== Exercise aim ==
Copy each line below in which the string "Holdings" appears.

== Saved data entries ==
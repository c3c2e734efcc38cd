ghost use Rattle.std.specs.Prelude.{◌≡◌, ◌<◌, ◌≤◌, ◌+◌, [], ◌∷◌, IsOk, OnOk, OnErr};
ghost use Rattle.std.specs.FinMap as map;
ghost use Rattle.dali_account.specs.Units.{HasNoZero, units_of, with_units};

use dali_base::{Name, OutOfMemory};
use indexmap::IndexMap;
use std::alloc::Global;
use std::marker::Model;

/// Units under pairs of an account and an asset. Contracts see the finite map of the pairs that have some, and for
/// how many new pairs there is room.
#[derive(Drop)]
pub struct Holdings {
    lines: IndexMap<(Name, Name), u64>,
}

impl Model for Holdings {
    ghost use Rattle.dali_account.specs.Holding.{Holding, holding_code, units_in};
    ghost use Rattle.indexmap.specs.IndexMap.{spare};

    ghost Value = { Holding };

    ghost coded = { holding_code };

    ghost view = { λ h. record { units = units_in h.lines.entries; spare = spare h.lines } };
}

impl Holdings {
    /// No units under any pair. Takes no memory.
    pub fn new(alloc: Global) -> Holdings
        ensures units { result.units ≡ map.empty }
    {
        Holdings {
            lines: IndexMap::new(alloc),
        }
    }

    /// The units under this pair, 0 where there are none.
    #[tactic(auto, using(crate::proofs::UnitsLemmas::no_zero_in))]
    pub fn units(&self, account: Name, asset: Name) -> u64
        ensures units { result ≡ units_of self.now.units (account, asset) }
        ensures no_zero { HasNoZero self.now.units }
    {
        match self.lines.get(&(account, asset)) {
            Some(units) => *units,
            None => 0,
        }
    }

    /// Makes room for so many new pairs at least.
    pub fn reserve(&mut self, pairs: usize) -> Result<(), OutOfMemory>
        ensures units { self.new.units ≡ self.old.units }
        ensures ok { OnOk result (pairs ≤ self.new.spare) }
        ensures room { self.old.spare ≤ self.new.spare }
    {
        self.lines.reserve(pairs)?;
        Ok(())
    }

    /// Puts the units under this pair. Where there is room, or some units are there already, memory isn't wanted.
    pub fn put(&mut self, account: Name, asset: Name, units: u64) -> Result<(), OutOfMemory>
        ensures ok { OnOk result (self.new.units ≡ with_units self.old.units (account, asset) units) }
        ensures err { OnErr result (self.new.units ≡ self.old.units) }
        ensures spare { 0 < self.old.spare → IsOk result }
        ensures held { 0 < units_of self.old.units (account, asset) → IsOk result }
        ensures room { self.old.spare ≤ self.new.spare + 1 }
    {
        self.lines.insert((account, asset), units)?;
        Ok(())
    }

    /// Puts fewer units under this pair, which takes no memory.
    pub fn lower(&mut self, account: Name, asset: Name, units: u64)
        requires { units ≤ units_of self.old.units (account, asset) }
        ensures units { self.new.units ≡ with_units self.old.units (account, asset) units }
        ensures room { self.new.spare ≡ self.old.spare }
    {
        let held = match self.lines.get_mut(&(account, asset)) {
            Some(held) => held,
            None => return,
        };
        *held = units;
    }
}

== Task response ==
pub struct Holdings {
impl Model for Holdings {
impl Holdings {
    pub fn new(alloc: Global) -> Holdings
        Holdings {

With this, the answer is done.